The Australian Centre for International Agricultural Research (ACIAR) is an Australian Government statutory agency in the Department of Foreign Affairs and Trade portfolio, reporting to the Minister of Foreign Affairs. ACIAR was established under the ,(the ACIAR Act), as amended, to assist and encourage Australian agricultural scientists to use their skills to identify and find solutions to agricultural problems of developing countries.

ACIAR forms part of the Australian Government's overseas aid program.

The ACIAR mandate is to amplify the impact of Australia’s outstanding capabilities in agricultural science by brokering and funding agricultural research for development partnerships in developing countries. The agency works with public and private research institutions to improve the productivity and sustainability of agricultural systems and the resilience of food systems in partner countries in the Indo-Pacific region.

ACIAR supports Australia’s national interests by contributing to sustainable economic growth, poverty reduction and enhanced regional stability, with a particular focus on economic diplomacy and women’s economic empowerment.

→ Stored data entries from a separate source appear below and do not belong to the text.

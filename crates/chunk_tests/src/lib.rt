//! Chunks from outside: their entries, blocks and pages.
#![tactic(auto)]

#[cfg(test)]
mod blocks;
#[cfg(test)]
mod chunks;
#[cfg(test)]
mod conclusions;
#[cfg(test)]
mod pages;
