// Bytes to tokens: the whole text in one pass (document 01, "The edition we read", Bytes), and places as lines and columns.
#![tactic(auto)]

ghost use Rattle.std.specs.Prelude.{◌≡◌, ◌≤◌, length};
ghost use Rattle.base_ceilings.specs.Ceilings.{text_most, tokens_most};
ghost use Rattle.text_tokens.specs.Reading.{read_from};
ghost use Rattle.text_tokens.specs.Answers.{lexing, Answered};
ghost use Rattle.text_tokens.specs.Lines.{position_of};
ghost use Rattle.text_tokens.specs.Scans.{Scanned};

use base_refusal::Refusal;
use text_pieces::Piece;

// A place as a clerk counts it, from 1.
#[derive(Drop)]
pub struct Position {
    pub line: usize,
    pub column: usize,
}

// The pass itself, and how many tokens there are, over arrays of its caller's own that have room for every token.
fn scan(
    text: &[u8],
    kinds: &mut [u8],
    starts: &mut [u32],
    ends: &mut [u32],
) -> Result<usize, Refusal>
    requires { (length text.now ≤ text_most) × (length kinds.old ≡ tokens_most) × (length starts.old ≡ tokens_most) × (length ends.old ≡ tokens_most) }
    ensures { Scanned (read_from 0 tokens_most 0 text.now) result kinds.new starts.new ends.new }
{
    let mut i: usize = 0;
    let mut n: usize = 0;
    // The step is the piece's own length, so no range counts it.
    while i < text.len() {
        let p = text_pieces::front(&text[i..]);
        match p {
            Piece::Skip(m) => {
                i += m;
            }
            Piece::Take(k, m) => {
                if n == base_ceilings::TOKENS_MOST {
                    return Err(Refusal {
                        number: 2,
                        place: i,
                        length: m,
                    });
                }
                kinds[n] = k;
                starts[n] = i as u32;
                ends[n] = (i + m) as u32;
                n += 1;
                i += m;
            }
            Piece::Stop(x, m) => {
                return Err(Refusal {
                    number: x,
                    place: i,
                    length: m,
                });
            }
        }
    }
    Ok(n)
}

// How many tokens a text has, or its refusal; and the tokens: kind, place of the first byte and place behind the last byte of each, in arrays of at least 2,048.
pub fn lex(
    text: &[u8],
    kinds: &mut [u8],
    starts: &mut [u32],
    ends: &mut [u32],
) -> Result<usize, Refusal>
    ensures { Answered (lexing text.now kinds.old starts.old ends.old) result kinds.old kinds.new starts.old starts.new ends.old ends.new }
{
    if kinds.len() < base_ceilings::TOKENS_MOST {
        return Err(Refusal::of_no_part(7));
    }
    if starts.len() < base_ceilings::TOKENS_MOST {
        return Err(Refusal::of_no_part(7));
    }
    if ends.len() < base_ceilings::TOKENS_MOST {
        return Err(Refusal::of_no_part(7));
    }
    if base_ceilings::TEXT_MOST < text.len() {
        return Err(Refusal::of_no_part(2));
    }
    let mut k = [0u8; base_ceilings::TOKENS_MOST];
    let mut s = [0u32; base_ceilings::TOKENS_MOST];
    let mut e = [0u32; base_ceilings::TOKENS_MOST];
    let n = scan(text, &mut k, &mut s, &mut e)?;
    base_bytes::copy(kinds, &k, n);
    base_bytes::copy(starts, &s, n);
    base_bytes::copy(ends, &e, n);
    Ok(n)
}

// The line and column of the byte at a place.
pub fn located(text: &[u8], place: usize) -> Position
    ensures { result ≡ position_of text.now place }
{
    let most = place.min(text.len());
    let mut line: usize = 1;
    let mut column: usize = 1;
    for b in &text[..most] {
        if *b == b'\n' {
            line += 1;
            column = 1;
        } else {
            column += 1;
        }
    }
    Position { line, column }
}
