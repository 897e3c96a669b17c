// That the normal text of an accepted text's tables is that of its tree is definitions and theorems alone (specs/ and proofs/).
#![tactic(auto)]
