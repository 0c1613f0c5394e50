// Lines of vectors, block values and a column: the lengths, the numbers and the buffers as they
// are given; what the call writes or hands back as it is expected.
ghost use Rattle.std.specs.Prelude.{◌≡◌};
ghost use Rattle.replay_text.specs.Shown.{judged_read};
ghost use Rattle.replay_forms.specs.Lines as Lines;
ghost use Rattle.replay_forms.specs.Lines.{more};

use crate::buffers::{ROOM, numbers};
use crate::head::Stride;
use refusal::number;
use replay_text::float::are_words;
use replay_text::outcome::{Outcome, judge_read};
use values::blocks::values_read;
use values::reading::{AsItStands, Reading, StandardisedFirst};

// Two lengths, n, the stride if it is given, form, vectors; answer, vectors. Not by `on_two` of `moves`: its lines end
// in all buffers that they give, and these in one of two, those of `on_values` in two of three.
#[tactic(auto, unfolding(crate::specs::Lines::fits))]
fn on_vectors(stride: Stride, w: &[u64]) -> Option<bool>
    ensures { judged_read result ≡ Lines.evd_from_real_schur (more stride) w.now }
{
    let (&[a, b], shape) = w.split_first_chunk::<2>()?;
    let head = stride.head(shape)?;
    let (form, lent) = head.rest.split_at_checked(a as usize)?;
    let (lent, told) = lent.split_at_checked(b as usize)?;
    let (&told, after) = told.split_first()?;
    if after.len() as u64 != b {
        return None;
    }
    let mut t = [0.0; ROOM];
    let mut v = [0.0; ROOM];
    let t = numbers(&mut t, form)?;
    let v = numbers(&mut v, lent)?;
    let r = evd::vectors::evd_from_real_schur(head.n, head.ld, &*t, &mut *v);
    let answer = number(&r) as u64 == told;
    let vectors = are_words(&*v, after);
    Some(answer & vectors)
}

pub fn evd_from_real_schur(stride: Stride, w: &[u64]) -> Outcome
    ensures { result ≡ Lines.evd_from_real_schur (more stride) w.now }
{
    judge_read(on_vectors(stride, w))
}

// Three lengths, n, the stride if it is given, form, real and imaginary parts; answer, real and imaginary parts.
#[tactic(auto, unfolding(crate::specs::Lines::fits))]
fn on_values<R: Reading>(stride: Stride, w: &[u64]) -> Option<bool>
    ensures { judged_read result ≡ Lines.on_values R.read (more stride) w.now }
{
    let (&[a, b, k], shape) = w.split_first_chunk::<3>()?;
    let head = stride.head(shape)?;
    let (form, real) = head.rest.split_at_checked(a as usize)?;
    let (real, imaginary) = real.split_at_checked(b as usize)?;
    let (imaginary, told) = imaginary.split_at_checked(k as usize)?;
    let (&told, after) = told.split_first()?;
    let (real_after, imaginary_after) = after.split_at_checked(b as usize)?;
    if imaginary_after.len() as u64 != k {
        return None;
    }
    let mut t = [0.0; ROOM];
    let mut re = [0.0; ROOM];
    let mut im = [0.0; ROOM];
    let t = numbers(&mut t, form)?;
    let re = numbers(&mut re, real)?;
    let im = numbers(&mut im, imaginary)?;
    let r = values_read::<R>(head.n, head.ld, &*t, &mut *re, &mut *im);
    let answer = number(&r) as u64 == told;
    let real = are_words(&*re, real_after);
    let imaginary = are_words(&*im, imaginary_after);
    Some(answer & real & imaginary)
}

// A line of the values of 2-blocks as they stand.
pub fn block_values(stride: Stride, w: &[u64]) -> Outcome
    ensures { result ≡ Lines.block_values (more stride) w.now }
{
    judge_read(on_values::<AsItStands>(stride, w))
}

// A line of those of copies standardised first.
pub fn standardised_values(stride: Stride, w: &[u64]) -> Outcome
    ensures { result ≡ Lines.standardised_values (more stride) w.now }
{
    judge_read(on_values::<StandardisedFirst>(stride, w))
}

// A length, n, the stride if it is given, col, vectors; the part.
fn on_column(stride: Stride, w: &[u64]) -> Option<bool>
    ensures { judged_read result ≡ Lines.column (more stride) w.now }
{
    let (&a, shape) = w.split_first()?;
    let head = stride.head(shape)?;
    let (&col, vectors) = head.rest.split_first()?;
    let (vectors, part) = vectors.split_at_checked(a as usize)?;
    let mut v = [0.0; ROOM];
    let v = numbers(&mut v, vectors)?;
    Some(are_words(
        evd::column::column(head.n, head.ld, &*v, col as usize),
        part,
    ))
}

pub fn column(stride: Stride, w: &[u64]) -> Outcome
    ensures { result ≡ Lines.column (more stride) w.now }
{
    judge_read(on_column(stride, w))
}
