// Offered: vectors and a column of them.
#![tactic(auto)]

pub mod column;
pub mod vectors;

ACIAR work aligns closely with Australia’s development assistance program, supporting research collaboration while emphasising human capacity building and private sector-led development, targeted at improved livelihoods in agriculture, forestry and fisheries.

The ACIAR research portfolio encompasses:

 key agriculture sectors—crops, fisheries, forestry, horticulture and livestock 
 science and disciplines supporting these sectors—agronomy, plant genetics, livestock production, agribusiness, social sciences, soil and land management, water, and climate
 assessment of achievements to guide future investment—impact evaluation.

ACIAR aims to contribute to poverty reduction and improved regional security, with a particular focus on Papua New Guinea and Pacific island countries, and in partner countries in East Asia, South and West Asia and Eastern and Southern Africa.

ACIAR builds the knowledge base that underpins six strategic development objectives:

 food security and poverty reduction 
 natural resources and climate change 
 human health and nutrition 
 gender equity and women’s empowerment 
 inclusive value chains 
 scientific and policy capacity building.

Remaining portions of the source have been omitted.